The books with Page Numbers are NOT new books, there is a complementary file with the same name as the book but an "APNX" file extension.  That's what contains the numbering info.  On the Amazon site for the book, they will tell you to which paper version the numbering is keyed, if that info is not there (with the isbn) then the book does not (yet) have page numbering.  There is a Calibre plugin that can generate that file for NON-Amazon books and it is an approximation of the number of pages and there is are a more and less accurate estimation equation.


----------



## history_lover (Aug 9, 2010)

There are still a lot of books with no page numbers because they simply haven't been attributed. As ff2 mentioned, if you go to the Amazon page of a book and it doesn't say "Page Numbers Source ISBN" under the product details, it won't have page numbers, period. It's not a matter of waiting for the download to take place, it's a matter of waiting for the page numbers to be added to begin with. I don't know whether this is in the hands of Amazon or the publishers but there are still a LOT of books with no page numbers (and apparently I happen to have a lot of those). Even brand new releases like the one I'm reading now:
http://www.amazon.com/Royal-Pains-Rogues-Gallery-ebook/dp/B004BDP084/ref=sr_1_1_title_1_ke?s=books&ie=UTF8&qid=1299515575&sr=1-1


----------



## bsabiston (Sep 16, 2010)

When you say you have to wait a long time for the download to happen, what do you mean?  Do you mean it will just do it at some point in the future, or can I turn it on and tell it to download whatever it's got to download now?

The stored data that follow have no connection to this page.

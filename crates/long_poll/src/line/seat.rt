//! Where the thread of a caller sleeps whose Invoke is held back.

use std::sync::Wait;
use std::sync::atomic::AtomicBool;
use std::sync::atomic::Ordering::SeqCst;
use std::thread::Parker;
use std::time::Duration;

/// Where a caller's thread sleeps until it is called, and whether the caller has left the line.
#[derive(Drop)]
pub(crate) struct Seat {
    parker: Parker,
    is_left: AtomicBool,
}

impl Seat {
    /// Makes the seat of a caller that has not left.
    pub(crate) fn new() -> Seat {
        Seat {
            parker: Parker::new(),
            is_left: AtomicBool::new(false),
        }
    }

    /// Wakes the caller's thread, or ends its next sleep at once.
    pub(crate) fn wake(&self) {
        self.parker.unpark();
    }

    /// Sleeps until it is woken, for this long at most.
    pub(crate) fn sleep(&self, rt: &impl Wait, most: Duration) {
        self.parker.park_timeout(rt, most);
    }

    /// Notes that the caller has left.
    pub(crate) fn leave(&self) {
        self.is_left.store(true, SeqCst);
    }

    /// Returns whether the caller has left.
    pub(crate) fn is_left(&self) -> bool {
        self.is_left.load(SeqCst)
    }
}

I also tried using calibre -- went in and double clicked the plugin, it looked enabled already.  I checked that box 'slow and more accurate page number generation' though, hit apply.  I transferred a handful of books to the Kindle again, but I still don't see any page numbers any where.  What's the deal.  I know I have the recent Kindle update because it does that thing at the end of the book, asking you to rate it I think?

Thanks
Bob


----------



## daveconifer (Oct 20, 2009)

I'm confused about whether I want page numbers or not.  A lot of smart people seem to want them, which always sways a dumb person like me.  On the other hand, I don't get what they would mean unless they are static and appear in the content exactly where they appear in a printed version.  Is that how they work?  But if that's the case, a complementary file probably wouldn't be needed.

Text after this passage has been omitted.